§ **DATA SHOWN**
//! The law of the generator. The function calls the laws below, and its contract is the law.

ghost use Rattle.std.specs.Prelude.{◌≡◌, ◌<◌, ◌^◌, ℕ, None, Ok};
ghost use Rattle.ntfs_made.specs.Data.{has_owner, made_cluster, made_data, made_slots};
ghost use Rattle.ntfs_made_map.specs.Opened.{made_geometry, made_map, made_opened};
ghost use Rattle.ntfs_make.specs.Shape.{IsShape, shape_of};
ghost use Rattle.ntfs_make.specs.Volume.{volume_bytes_of};
ghost use Rattle.ntfs_rules.specs.Accepts.{claims_in};
ghost use Rattle.ntfs_rules.specs.Clusters.{c8, count_if, times};
ghost use Rattle.ntfs_rules.specs.Records.{c4, c7};
ghost use Rattle.ntfs_rules.specs.VolumeData.{numbers};
ghost use Rattle.ntfs_survey.specs.Owned.{owners_of, volume_survey};
ghost use Rattle.ntfs_volume.specs.Located.{slots_of};
ghost use Rattle.ntfs_volume.specs.Opened.{opened_of};

use ntfs_made_map::laws::made_volumes_open;
use ntfs_made_records::laws::made_records_are_read;

/// A made volume is a volume. It opens, as rules C1 to C3 say, and its records are those of the generator's table. They
/// keep rules C4 and C7, so that it can be surveyed: the owners are those that the table tells. And they keep rule C8:
/// no cluster has two owners. Each cluster of an area has one, and so has the bad cluster; the others have none.
pub fn made_volumes_are_volumes()
    ensures opened { (seed clusters cluster : ℕ) → seed < 2 ^ 64 → IsShape (shape_of seed clusters cluster)
        → opened_of (volume_bytes_of seed clusters cluster) ≡ Ok (made_opened (shape_of seed clusters cluster)) }
    ensures slots { (seed clusters cluster : ℕ) → IsShape (shape_of seed clusters cluster)
        → slots_of (made_geometry (shape_of seed clusters cluster)) (made_map (shape_of seed clusters cluster))
        (made_cluster (shape_of seed clusters cluster)) ≡ made_slots (shape_of seed clusters cluster) }
    ensures sound { (seed clusters cluster : ℕ) → IsShape (shape_of seed clusters cluster)
        → c4 (made_data (shape_of seed clusters cluster)).slots ≡ None }
    ensures cells { (seed clusters cluster : ℕ) → IsShape (shape_of seed clusters cluster)
        → c7 (numbers (made_data (shape_of seed clusters cluster))) ≡ None }
    ensures once { (seed clusters cluster : ℕ) → IsShape (shape_of seed clusters cluster)
        → c8 (claims_in (made_data (shape_of seed clusters cluster))) ≡ None }
    ensures surveyed { (seed clusters cluster : ℕ) → IsShape (shape_of seed clusters cluster)
        → volume_survey (made_opened (shape_of seed clusters cluster))
        (made_cluster (shape_of seed clusters cluster))
        ≡ Ok (owners_of (made_slots (shape_of seed clusters cluster))) }
    ensures owned { (seed clusters cluster k : ℕ) → IsShape (shape_of seed clusters cluster)
        → times k (claims_in (made_data (shape_of seed clusters cluster)))
        ≡ count_if (has_owner (shape_of seed clusters cluster) k) }
{
    made_volumes_open();
    made_records_are_read();
}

§ **TASK INSTRUCTIONS**
Please quote the data above in full, with no line missing.

§ **PROBLEM SOLUTION**
//! The law of the generator. The function calls the laws below, and its contract is the law.

ghost use Rattle.std.specs.Prelude.{◌≡◌, ◌<◌, ◌^◌, ℕ, None, Ok};
ghost use Rattle.ntfs_made.specs.Data.{has_owner, made_cluster, made_data, made_slots};
ghost use Rattle.ntfs_made_map.specs.Opened.{made_geometry, made_map, made_opened};
ghost use Rattle.ntfs_make.specs.Shape.{IsShape, shape_of};
ghost use Rattle.ntfs_make.specs.Volume.{volume_bytes_of};
ghost use Rattle.ntfs_rules.specs.Accepts.{claims_in};
ghost use Rattle.ntfs_rules.specs.Clusters.{c8, count_if, times};
ghost use Rattle.ntfs_rules.specs.Records.{c4, c7};
ghost use Rattle.ntfs_rules.specs.VolumeData.{numbers};
ghost use Rattle.ntfs_survey.specs.Owned.{owners_of, volume_survey};
ghost use Rattle.ntfs_volume.specs.Located.{slots_of};
ghost use Rattle.ntfs_volume.specs.Opened.{opened_of};

use ntfs_made_map::laws::made_volumes_open;
use ntfs_made_records::laws::made_records_are_read;

/// A made volume is a volume. It opens, as rules C1 to C3 say, and its records are those of the generator's table. They
/// keep rules C4 and C7, so that it can be surveyed: the owners are those that the table tells. And they keep rule C8:
/// no cluster has two owners. Each cluster of an area has one, and so has the bad cluster; the others have none.
pub fn made_volumes_are_volumes()
    ensures opened { (seed clusters cluster : ℕ) → seed < 2 ^ 64 → IsShape (shape_of seed clusters cluster)
        → opened_of (volume_bytes_of seed clusters cluster) ≡ Ok (made_opened (shape_of seed clusters cluster)) }
    ensures slots { (seed clusters cluster : ℕ) → IsShape (shape_of seed clusters cluster)
        → slots_of (made_geometry (shape_of seed clusters cluster)) (made_map (shape_of seed clusters cluster))
        (made_cluster (shape_of seed clusters cluster)) ≡ made_slots (shape_of seed clusters cluster) }
    ensures sound { (seed clusters cluster : ℕ) → IsShape (shape_of seed clusters cluster)
        → c4 (made_data (shape_of seed clusters cluster)).slots ≡ None }
    ensures cells { (seed clusters cluster : ℕ) → IsShape (shape_of seed clusters cluster)
        → c7 (numbers (made_data (shape_of seed clusters cluster))) ≡ None }
    ensures once { (seed clusters cluster : ℕ) → IsShape (shape_of seed clusters cluster)
        → c8 (claims_in (made_data (shape_of seed clusters cluster))) ≡ None }
    ensures surveyed { (seed clusters cluster : ℕ) → IsShape (shape_of seed clusters cluster)
        → volume_survey (made_opened (shape_of seed clusters cluster))
        (made_cluster (shape_of seed clusters cluster))
        ≡ Ok (owners_of (made_slots (shape_of seed clusters cluster))) }
    ensures owned { (seed clusters cluster k : ℕ) → IsShape (shape_of seed clusters cluster)
        → times k (claims_in (made_data (shape_of seed clusters cluster)))
        ≡ count_if (has_owner (shape_of seed clusters cluster) k) }
{
    made_volumes_open();
    made_records_are_read();
}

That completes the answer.